West Nile Virus is a mosquito-borne disease that first appeared in the U.S. in 1999. A major outbreak occurred in 2012, and since then, California has had the most human infections across all states, with there have been growing numbers of positive mosquito samples trapped. When a human is infected, there is a 20% chance of developing debilitating symptoms.
My goal was to create a predictive model that can use environmental data to forecast the presence of West Nile Virus in certain California counties. I used positive mosquito sample data from the California West Nile Virus website and climate data from the National Oceanic and Atmospheric Administration's (NOAA) database. To carry out the modeling, I used the programming language Python. The type of model I used was logistic regression, Virus presence was determined by whether the overall weekly frequency of positive mosquito samples in that county exceeded the 5-year average,
In the preliminary stage of my project, I learned the programming language and researched about the various counties in the state. The three counties i narrowed down my study to were Los Angeles, Orange, and Riverside, I then restructured and merged the climatic datasets and mosquito datasets into a format I could readily use. To develop the model, I split the entire list of datasets into a training set and a testing set. I created a logistic regression model using the former, and then used the testing set and other statistical measures to evaluate the model. If the model was not as accurate as hoped, I altered the environmental variables and went through the developmental process again.
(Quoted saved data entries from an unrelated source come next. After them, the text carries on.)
//! Names and strings of a stream, as a terminal may show them.

ghost use Rattle.std.specs.Prelude.{◌≡◌, ◌++◌, OnOk, string_bytes};
ghost use Rattle.gob_explain.specs.Names.{go_name, shown_name, type_name};

use gob_types::{Shapes, TypeId};
use gob_words::escaped;
use std::alloc::{AllocError, Global};
use std::str;

// Of a string so many characters are shown at most.
const SHOWN: usize = 48;

/// Puts a name behind the text: with no character that a terminal obeys where it is UTF-8, else as `0x` and its bytes
/// in lower case hexadecimal.
pub fn push_name(alloc: Global, name: &[u8], out: &mut String) -> Result<(), AllocError>
    ensures { OnOk result (string_bytes out.new ≡ string_bytes out.old ++ shown_name name.now) }
{
    match str::from_utf8(name) {
        Ok(text) => out.push_str(escaped(alloc, text)?.as_str()),
        Err(_) => {
            out.push_str("0x")?;
            for byte in name {
                write!(out, "{:02x}", *byte)?;
            }
            Ok(())
        }
    }
}

/// Puts the first characters of a string behind the text, between quotes, as they are.
pub(crate) fn push_string(raw: &[u8], out: &mut String) -> Result<(), AllocError> {
    let Ok(text) = str::from_utf8(raw) else {
        return write!(out, "{} bytes that are no UTF-8", raw.len());
    };
    out.push('"')?;
    let begin = out.len();
    for character in text.chars().take(SHOWN) {
        out.push(character)?;
    }
    let shown = out.len().saturating_sub(begin);
    out.push('"')?;
    if shown < text.len() {
        out.push_str("..")?;
    }
    Ok(())
}

/// Puts the name of a type behind the text: Go's name of a basic type, else the name that the table has, which may be
/// empty.
pub fn push_type_name<S: Shapes>(
    alloc: Global,
    shapes: &S,
    id: TypeId,
    out: &mut String,
) -> Result<(), AllocError>
    ensures { OnOk result (string_bytes out.new ≡ string_bytes out.old ++ type_name (S.table shapes.now) id) }
{
    let known = known_name(id);
    if !known.is_empty() {
        return out.push_str(known);
    }
    match shapes.shape_of(id) {
        Some(shape) => push_name(alloc, shape.name.as_bytes(), out),
        None => Ok(()),
    }
}

// The name of a type of the base table whose name there isn't that of a Go type.
fn known_name(id: TypeId) -> &'static str
    ensures { result.now ≡ go_name id.0 }
{
    match id.0 {
        1 => "bool",
        2 => "int",
        3 => "uint",
        4 => "float64",
        5 => "[]byte",
        6 => "string",
        7 => "complex128",
        8 => "interface{}",
        22 => "[]fieldType",
        _ => "",
    }
}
I modeled and tested out various combinations of climatic variables. My final model used wind speed, precipitation level, and temperature to generate predictions. All of the data came in the form of weekly averages. When tested on all three counties together, the train/test accuracy was 0.7, the cross-validation accuracy was 0.63, the area under the Receiver Operating Characteristic curve was 0.58, and the F-1 score was also 0.58. The model was most effective in Orange County and scored, for the same metrics listed above, 0.77, 0.68, 0.65, and 0.71, respectively.
Multiple conclusions and inferences can be made from these results. The model predicted an excess of false negatives, which indicates that this combination of climatic variables may not have a very powerful correlation with the presence of West Nile Virus. A possibly influential variable omitted from this experiment was humidity, as there was no available data in the NOAA database. Furthermore, climatic fluctuations in the horizontally-stretched Riverside County may have diminished the potency of the model.
My finished model is able to predict if West Nile Virus will be present or not in the specified California counties based off of wind speed, precipitation level, and temperature. Most predictive success will come in Orange County.